Haitian official alleges vote manipulation (AP) Updated: 2006-02-13 08:54
A member of Haiti's electoral council said results of the presidential
elections were being manipulated, echoing complaints by throngs of supporters of
Rene Preval, who poured into the streets on Sunday with angry allegations of
fraud.
With 75 percent of votes counted, Preval was falling short of winning
Tuesday's elections outright by less than a percentage point.
"According to me, there's a certain level of manipulation," Pierre Richard
Duchemin, an electoral council member, told The Associated Press, adding that
"there is an effort to stop people from asking questions" about the counting
process.
Duchemin said Sunday he needed access to tallies of vote counts in hopes of
learning who was behind the alleged manipulation. He called for an
investigation.
Preval's supporters poured out of different neighborhoods of the capital and
converged on the electoral council headquarters. Blowing horns and pounding
drums, they denounced Jacques Bernard, director-general of the nine-member
electoral council.
Haitian police officers stand on guard while supporters of
Haitian presidential favorite Rene Preval demonstrate outside the
electoral commission in Port-au-Prince, Haiti, Sunday, Feb. 12,
2006.[AP] | "Jacques Bernard is a thief.

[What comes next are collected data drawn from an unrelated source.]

// The job text: `answer` takes any bytes, asks nothing of its caller, and lays down the whole text that the job program writes.
// The definitions that its promise cites stand in specs/; specs/Lib.antt lists them.
#![tactic(auto)]

ghost use Rattle.std.specs.Prelude.{◌≤◌, length};
ghost use Rattle.refusals.specs.Limits.{most_job};
ghost use Rattle.jobtext.specs.Promise.{AnswersIn};

use crate::answering::lay_refusal;
use crate::judging::{compare_job, match_job};
use crate::lent::{LENT_PAIRS, LENT_WORD, LENT_WORK};
use jobform::{Job, read_job};
use refusals::limits::MOST_JOB;
use refusals::refusal::Refusal;

mod answering;
mod judging;
mod lent;

// The largest number of bytes that a job holds in hex.
const MOST_HEX: usize = MOST_JOB / 2;

// The room that is long enough for every answer, in bytes: the longest word has two digits a byte, and five short lines stand beside it.
pub const MOST_ANSWER: usize = 2 * LENT_WORD + 2048;

// How many bytes of the answer stand at the start of the room; those behind them are left as lent.
#[tactic(auto, using(crate::specs::Laws::Answering::too_long_answered))]
pub fn answer(text: &[u8], out: &mut [u8; MOST_ANSWER]) -> usize
    ensures { AnswersIn text.now out.old result out.new }
{
    if MOST_JOB < text.len() {
        return lay_refusal(out, Refusal::JobForm.number());
    }
    // arrays of the sizes that the program lends: no heap
    let mut left = [0u8; MOST_HEX];
    let mut second = [0u8; MOST_HEX];
    let mut work = [0u8; LENT_WORK];
    let mut pairs = [0u8; LENT_PAIRS];
    let mut word = [0u8; LENT_WORD];
    answer_in(
        text,
        &mut left,
        &mut second,
        &mut work,
        &mut pairs,
        &mut word,
        out,
    )
}

// The same in rooms that are lent: two for what a job holds in hex, and the judge's three.
fn answer_in(
    text: &[u8],
    left: &mut [u8; MOST_HEX],
    second: &mut [u8; MOST_HEX],
    work: &mut [u8; LENT_WORK],
    pairs: &mut [u8; LENT_PAIRS],
    word: &mut [u8; LENT_WORD],
    out: &mut [u8; MOST_ANSWER],
) -> usize
    requires text_short { length text.now ≤ most_job }
    ensures { AnswersIn text.now out.old result out.new }
{
    match read_job(text, left, second) {
        Some(
            Job::Compare {
                left: l,
                right: r,
                budget,
            },
        ) => compare_job(&left[0..l], &second[0..r], budget, work, pairs, word, out),
        Some(
            Job::Match {
                left: l,
                word: w,
                budget,
            },
        ) => match_job(&left[0..l], &second[0..w], budget, work, out),
        None => lay_refusal(out, Refusal::JobForm.number()),
    }
}
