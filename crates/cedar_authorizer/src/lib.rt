//! The authorizer: what a set of policies decides for a request, and how what is left open is taken further.
//!
//! - `authorizer`: `Authorizer`, and its calls `is_authorized`, `is_authorized_core` and `authorize_in_steps`. Below
//!   it: `reaching` (which policies are looked at), `sheets` and `telling` (their run), `steps` (`reauthorize`),
//!   `laws`.
//! - `reauthorization` (`policies`, `request`, `err`): what a step takes over: the policies that are decided again,
//!   the request with the map's values, and why a step is refused.
//! - `responses` (`response`, `partial_response`, `sheet`, `err`, `laws`): what is answered, what is read of it, and
//!   the sheet on which outcomes are noted.
//!
//! The promise: `is_authorized_core` answers a run of the policies (clause `run`; `specs/Running.antt`). If it
//! records no recursion limit it stands in every completion (`stands`), and where nothing is unknown decision,
//! reasons and errors are the definition's (`known` of `is_authorized`; `specs/Responding.antt`). `reauthorize`
//! answers the model's step or exactly its refusal (`step`, `conflict`; `specs/Steps.antt`), and `authorize_in_steps`
//! has the headline (`headline`; `specs/Headline.antt`). Rows of a response: `specs/responses/Rows.antt`.
#![tactic(auto)]

pub mod authorizer;
mod reauthorization;
pub mod responses;
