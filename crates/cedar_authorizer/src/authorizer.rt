//! The authorizer.
ghost use Rattle.std.specs.Prelude.{◌≡◌, ◌≢◌, true, false, Option, IfOk, IfSome};
ghost use Rattle.cedar_model.specs.Agreement.{no_slots};
ghost use Rattle.cedar_model.specs.Failures.{out_of_memory};
ghost use Rattle.cedar_model.specs.Policies.{skip};
ghost use Rattle.cedar_model.specs.Settings.{shallow};
ghost use Rattle.cedar_interpreter.specs.Settings.{resolution_view};
ghost use Rattle.cedar_decisions.specs.Decisions.{mode_view};
ghost use Rattle.cedar_model.specs.Responses.{errs_with};
ghost use Rattle.cedar_names.specs.declared.names.Loc.{Loc};
ghost use Rattle.cedar_layers.specs.Policies.{policy_location};
ghost use Rattle.cedar_layers.specs.PolicySets.{stored_policies};
ghost use Rattle.cedar_errors.specs.Failures.{failure_of};
ghost use Rattle.cedar_evaluator.specs.Evaluations.{setting_of, calls_in, IsPromisedOf};
ghost use Rattle.cedar_evaluator.specs.Evaluations as evaluations;
ghost use Rattle.cedar_authorizer.specs.responses.Responses.{response_view};
ghost use Rattle.cedar_authorizer.specs.responses.Rows.{rows_view};
ghost use Rattle.cedar_authorizer.specs.responses.Rows as rows;
ghost use Rattle.cedar_authorizer.specs.responses.Sheets.{outcome_view};
ghost use Rattle.cedar_authorizer.specs.Configured.{configuration, asked};
ghost use Rattle.cedar_authorizer.specs.Responding.{considered};
ghost use Rattle.cedar_authorizer.specs.Running.{errors_of, request_of, IsRun, ResponseStands};
ghost use Rattle.cedar_authorizer.specs.Running.{IsDeepEnough, IsConcreteRun};
ghost use Rattle.cedar_authorizer.specs.Running.{ComesOutBy, IsNotedRun, KeepsSheet};
ghost use Rattle.cedar_authorizer.specs.Running.{ResidualsStand, ResidualsAreNoted, IsLeftAt};

pub use crate::reauthorization::{ConcretizationError, ReauthorizationError};
pub use crate::responses::{
    AuthorizationError, Decision, Diagnostics, ErrorHandling, ErrorState, PartialResponse,
    ReportedIds, ReportedPolicies, Response,
};
use crate::responses::{ConditionOutcome, Sheet};
pub use cedar_evaluator::evaluator::Resolution;
use cedar_evaluator::evaluator::{EvaluationError, Evaluator};
use cedar_evaluator::request::Request;
use cedar_extensions::Extensions;
use cedar_layers::policies::{Entities, Policy, PolicyID, PolicySet};
use cedar_values::Value;
use either::{Left, Right};
use sheets::first_sheet;
use std::alloc::{AllocError, Global};
use std::collections::{HashMap, HashSet};
use std::rc::{Rc, RcStr};
use steps::take_steps;
use telling::told_sheet;

pub mod laws;
mod reaching;
mod sheets;
mod steps;
mod telling;

/// Why a policy was skipped, and why a response could not be taken further.
pub mod err {
    pub use crate::reauthorization::{ConcretizationError, ReauthorizationError};
    pub use crate::responses::AuthorizationError;
}

/// How policies came out, effect by effect, as plain data.
#[derive(Drop)]
pub struct EvaluationResponse {
    /// The permits that are satisfied.
    pub satisfied_permits: HashSet<PolicyID>,
    /// The forbids that are satisfied.
    pub satisfied_forbids: HashSet<PolicyID>,
    /// The error of each policy that erred.
    pub errors: Vec<AuthorizationError>,
    /// The permits of which a residual is left.
    pub permit_residuals: PolicySet,
    /// The forbids of which a residual is left.
    pub forbid_residuals: PolicySet,
}

/// Decides requests, with these extensions, within so many levels of evaluation, in one of two ways to handle errors
/// and in one of two to answer what reads a stored residual.
#[derive(Clone, Copy)]
pub struct Authorizer<'f> {
    extensions: Extensions<'f>,
    limit: usize,
    error_handling: ErrorHandling,
    resolution: Resolution,
}

impl<'f> Authorizer<'f> {
    ghost use Rattle.std.specs.Prelude.{IfErr};
    ghost use Rattle.cedar_authorizer.specs.reauthorization.Errors.{IsUnwrapped};
    ghost use Rattle.cedar_authorizer.specs.Steps.{step_answer};
    ghost use Rattle.cedar_authorizer.specs.Configured.{extensions_of, limit_of, mode_of, resolution_of};
    ghost use Rattle.cedar_authorizer.specs.Responding.{IsKnownResponse, IsKnownRun, MeetsNoLimit};
    ghost use Rattle.cedar_authorizer.specs.Responding.{OwnWorldCompletesCall};
    ghost use Rattle.cedar_authorizer.specs.Headline.{steps_view, IsChain, IsHeadline, LeavesNothing};

    /// The authorizer that uses these extensions, skips errors, and answers stored residuals as they are stored. A
    /// condition whose evaluation goes more than `limit` levels deep counts as erring, with `RecursionLimit`: an
    /// expression is one level and its parts one more, and a part that is not read takes none.
    pub fn new(extensions: &Extensions<'f>, limit: usize) -> Authorizer<'f>
        ensures extensions { extensions_of result ≡ extensions.now }
        ensures limit { limit_of result ≡ limit }
        ensures mode { mode_of result ≡ skip }
        ensures resolution { resolution_of result ≡ shallow }
    {
        Authorizer {
            extensions: *extensions,
            limit,
            error_handling: ErrorHandling::Skip,
            resolution: Resolution::Shallow,
        }
    }

    /// The same authorizer, which handles errors so.
    pub fn with_error_handling(self, error_handling: ErrorHandling) -> Authorizer<'f>
        ensures extensions { extensions_of result ≡ extensions_of self.entry }
        ensures limit { limit_of result ≡ limit_of self.entry }
        ensures mode { mode_of result ≡ mode_view error_handling }
        ensures resolution { resolution_of result ≡ resolution_of self.entry }
    {
        Authorizer {
            error_handling,
            ..self
        }
    }

    /// The same authorizer, which answers so what reads a stored residual.
    pub fn with_resolution(self, resolution: Resolution) -> Authorizer<'f>
        ensures extensions { extensions_of result ≡ extensions_of self.entry }
        ensures limit { limit_of result ≡ limit_of self.entry }
        ensures mode { mode_of result ≡ mode_of self.entry }
        ensures resolution { resolution_of result ≡ resolution_view resolution }
    {
        Authorizer { resolution, ..self }
    }

    /// How it handles errors.
    pub fn error_handling(&self) -> ErrorHandling
        ensures { mode_view result ≡ mode_of self.now }
    {
        self.error_handling
    }

    /// What reading a stored residual answers.
    pub fn resolution(&self) -> Resolution
        ensures { resolution_view result ≡ resolution_of self.now }
    {
        self.resolution
    }

    /// What the policies decide for the request over this store: a satisfied forbid denies, else a satisfied permit
    /// allows, else it is denied. A policy that errs is skipped, and its error is recorded; so is one of whose
    /// condition something is left, with `NonValue`. In `ForbidOnError` a forbid that errs, or of whose condition
    /// something is left, denies too. It is what `is_authorized_core` answers, made concrete. Refuses only if
    /// out of memory.
    pub fn is_authorized(
        &self,
        alloc: Global,
        request: Request,
        policies: &PolicySet,
        entities: &Entities,
    ) -> Result<Response, AllocError>
        ensures response { IfOk result (λ r.
            IsConcreteRun (configuration self.now) (asked self.now request entities.now) (considered policies.now)
            (response_view r)) }
        ensures known { IfOk result (λ r.
            IsKnownResponse (configuration self.now) (asked self.now request entities.now) (considered policies.now)
            (response_view r)) }
        ensures limit { IfOk result (λ r.
            MeetsNoLimit (configuration self.now) (asked self.now request entities.now) (considered policies.now)
            (response_view r).errors) }
        ensures own_world { OwnWorldCompletesCall (asked self.now request entities.now) (considered policies.now) }
    {
        let sheet = told_sheet(alloc, self, &request, policies, entities)?;
        let shared = Rc::new(alloc, request)?;
        let response = response_of(alloc, self.error_handling, sheet, shared)?;
        response.concretize(alloc)
    }

    /// What is known of each policy for the request over this store: whether it is satisfied, or what is left of its
    /// condition. A policy that errs is false with `ErrorState::Error`, and its error is recorded, the recursion limit
    /// included; in `ForbidOnError` a forbid that errs is satisfied, and its error recorded. In every completion of the
    /// request and the store what is reported stands, if no recursion limit is recorded. Where nothing is unknown no
    /// residual is left, and the decision is given. Refuses only if out of memory.
    pub fn is_authorized_core(
        &self,
        alloc: Global,
        request: Request,
        policies: &PolicySet,
        entities: &Entities,
    ) -> Result<PartialResponse, AllocError>
        ensures run { IfOk result
            (IsRun (configuration self.now) (asked self.now request entities.now) (considered policies.now)) }
        ensures stands { IfOk result (ResponseStands (configuration self.now) (asked self.now request entities.now)
            (considered policies.now)) }
        ensures known { IfOk result (λ r. IsKnownRun (configuration self.now) (asked self.now request entities.now)
            (considered policies.now) (rows_view r) (errors_of r)) }
        ensures limit { IfOk result (λ r. MeetsNoLimit (configuration self.now) (asked self.now request entities.now)
            (considered policies.now) (errors_of r)) }
        ensures deep_enough { IfOk result (IsDeepEnough (configuration self.now) (asked self.now request entities.now)
            (considered policies.now)) }
        ensures places { IfOk result (ResidualsStand (stored_policies policies.now)) }
        ensures request { IfOk result (λ r. request_of r ≡ request) }
    {
        let sheet = first_sheet(alloc, self, &request, policies, entities)?;
        response_of(alloc, self.error_handling, sheet, Rc::new(alloc, request)?)
    }

    /// The core call, and then one `reauthorize` a step, each with the step's map of values for unknowns and its store.
    /// Where the errors of a response hold the recursion limit, that response is the answer, and no step after it is
    /// taken: the limit can stand for a forbid that errs, which a further step would carry on as false. Refuses as the
    /// first step that is refused, or if out of memory.
    #[tactic(auto, using(crate::proofs::Joined::memory_unwrapped))]
    pub fn authorize_in_steps(
        &self,
        alloc: Global,
        request: Request,
        policies: &PolicySet,
        entities: &Entities,
        steps: &[(&HashMap<RcStr, Value>, &Entities)],
    ) -> Result<PartialResponse, ReauthorizationError>
        ensures chain { IfSome (step_answer result)
            (IsChain (configuration self.now) (asked self.now request entities.now)
            (considered policies.now) (steps_view (resolution_of self.now) steps.now)) }
        ensures memory { IfErr result IsUnwrapped }
        ensures headline { IfOk result (IsHeadline (configuration self.now) (asked self.now request entities.now)
            (considered policies.now) (steps_view (resolution_of self.now) steps.now)) }
        ensures known { IfOk result (LeavesNothing (configuration self.now) (asked self.now request entities.now)
            (considered policies.now)) }
    {
        let response = self.is_authorized_core(alloc, request, policies, entities)?;
        take_steps(alloc, response, self, steps)
    }
}

// How each policy comes out by this evaluator, in their order.
fn run_all(
    alloc: Global,
    mode: ErrorHandling,
    evaluator: &Evaluator<'_, '_>,
    policies: &PolicySet,
) -> Result<Sheet, AllocError>
    ensures run { IfOk result (IsNotedRun (mode_view mode) (setting_of evaluator.now no_slots) (calls_in evaluator.now)
        (evaluations.limit_of evaluator.now) (considered policies.now)) }
    ensures places { IfOk result (ResidualsAreNoted (stored_policies policies.now)) }
{
    let mut sheet = Sheet::new(alloc);
    'policies: for policy in policies.policies() {
        let outcome = outcome_of(alloc, evaluator, policy)?;
        sheet.place(mode, policy, outcome)?;
    }
    Ok(sheet)
}

// How the policy's condition comes out. Running out of memory is no outcome.
fn outcome_of(
    alloc: Global,
    evaluator: &Evaluator<'_, '_>,
    policy: &Policy,
) -> Result<ConditionOutcome, AllocError>
    ensures outcome { IfOk result (λ o. ComesOutBy (IsPromisedOf evaluator.now policy.now) (outcome_view o)) }
    ensures place { IfOk result (IsLeftAt (policy_location policy.now)) }
{
    match evaluator.partial_evaluate(alloc, policy) {
        Ok(Left(is_true)) => Ok(ConditionOutcome::Decided(is_true)),
        Ok(Right(residual)) => Ok(ConditionOutcome::Residual(Rc::new(alloc, residual)?)),
        Err(error) => failed_outcome(error),
    }
}

// Running out of memory is never recorded.
#[tactic(auto, using(crate::proofs::Wanting::is_not_memory))]
fn failed_outcome(error: EvaluationError) -> Result<ConditionOutcome, AllocError>
    ensures memory { IfOk result (λ o. failure_of error ≢ out_of_memory) }
    ensures outcome { IfOk result (λ o. outcome_view o ≡ errs_with (failure_of error)) }
    ensures place { (l : Option Loc) → IfOk result (IsLeftAt l) }
{
    if error.is_out_of_memory() {
        return Err(AllocError);
    }
    Ok(ConditionOutcome::Failed(error))
}

// The response of what is noted.
fn response_of(
    alloc: Global,
    mode: ErrorHandling,
    sheet: Sheet,
    request: Rc<Request>,
) -> Result<PartialResponse, AllocError>
    ensures mode { IfOk result (λ r. rows.mode_of r ≡ mode_view mode) }
    ensures kept { IfOk result (λ r. KeepsSheet sheet r) }
    ensures request { IfOk result (λ r. r.request ≡ request) }
{
    PartialResponse::new_in_mode(
        alloc,
        mode,
        sheet.true_permits.into_iter(),
        sheet.false_permits.into_iter(),
        sheet.residual_permits.into_iter(),
        sheet.true_forbids.into_iter(),
        sheet.false_forbids.into_iter(),
        sheet.residual_forbids.into_iter(),
        sheet.errors.into_iter(),
        request,
    )
}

He doesn't know how to count!" they chanted.
U.N. peacekeepers blocked Preval supporters from reaching the Montana Hotel,
where election officials have been giving updates on the results.
"When you get thousands of people on the streets, things can get
unpredictable," said U.N. spokesman David Wimhurst.
Bernard denied accusations the council voided many votes for Preval, a former
president.
Suspicion has risen among many Haitians that the results were being
manipulated in the five days since voters turned out in droves to elect a new
government. It will replace an interim government installed after then-President
Jean-Bertrand Aristide was ousted in a bloody rebellion two years ago.
Jean-Henoc Faroul, the president of an electoral district with 400,000 voters
northeast of the capital, accused the electoral commission of trying to force a
runoff, saying tally sheets from Preval strongholds have vanished.
"The electoral council is trying to do what it can to diminish the percentage
of Preval so it goes to a second round," Faroul told The Associated Press.
Faroul said he wanted Preval to win but added that he would be protesting if any
candidate was being denied votes by manipulation.
"I am not only the president of an electoral board, but I also vote," Faroul
said. "And I want my vote and the votes of all the people to be respected."
Preval demonstrators threatened violence if Preval is not declared the
first-round winner. As demonstrators marched on the Montana Hotel, the electoral
council abruptly canceled a Sunday evening news conference.
"If they take the election from Preval, it's not going to go smoothly," said
Robert Antoine, a 23-year-old from the Bel-Air slum. "The people voted massively
for Preval, and it seems the electoral commission is playing games with the
results."
Duchemin accused Bernard of "megalomania," saying he had blocked other
council members from getting information on the tabulation process.
"What we're talking about now is a magician that is sitting down and saying
'I am the only one doing something ... everything I'm doing is perfect,'"
Duchemin said. "We're playing with the future of this country and this is
something we can't afford."
Preval was leading 33 candidates with 49.1 percent of the vote, short of the
50 percent plus one vote he needs to avoid a March 19 runoff with the runner-up.
Leslie Manigat, also a former president, was second with 11.7 percent of the
vote.
South African Nobel laureate Desmond Tutu, presiding over services at Trinity
Cathedral in Port-au-Prince, urged Haitians to be patient.
"They've started well, let them finish the race well," Tutu, the retired
Anglican archbishop of Cape Town, South Africa, told the AP. "And I think they
will, that they will be peaceful and that they will accept the results of the
elections."
An estimated 2.2 million people cast ballots, or 63 percent of registered
voters.
About 125,000 ballots — or 7.5 percent of the votes cast — have been declared
invalid because of irregularities, raising suspicion among Preval supporters
that polling officials are trying to steal the election. Another 4 percent of
the ballots were blank but were still added into the total, making it harder
Preval to obtain the 50 percent plus one vote needed.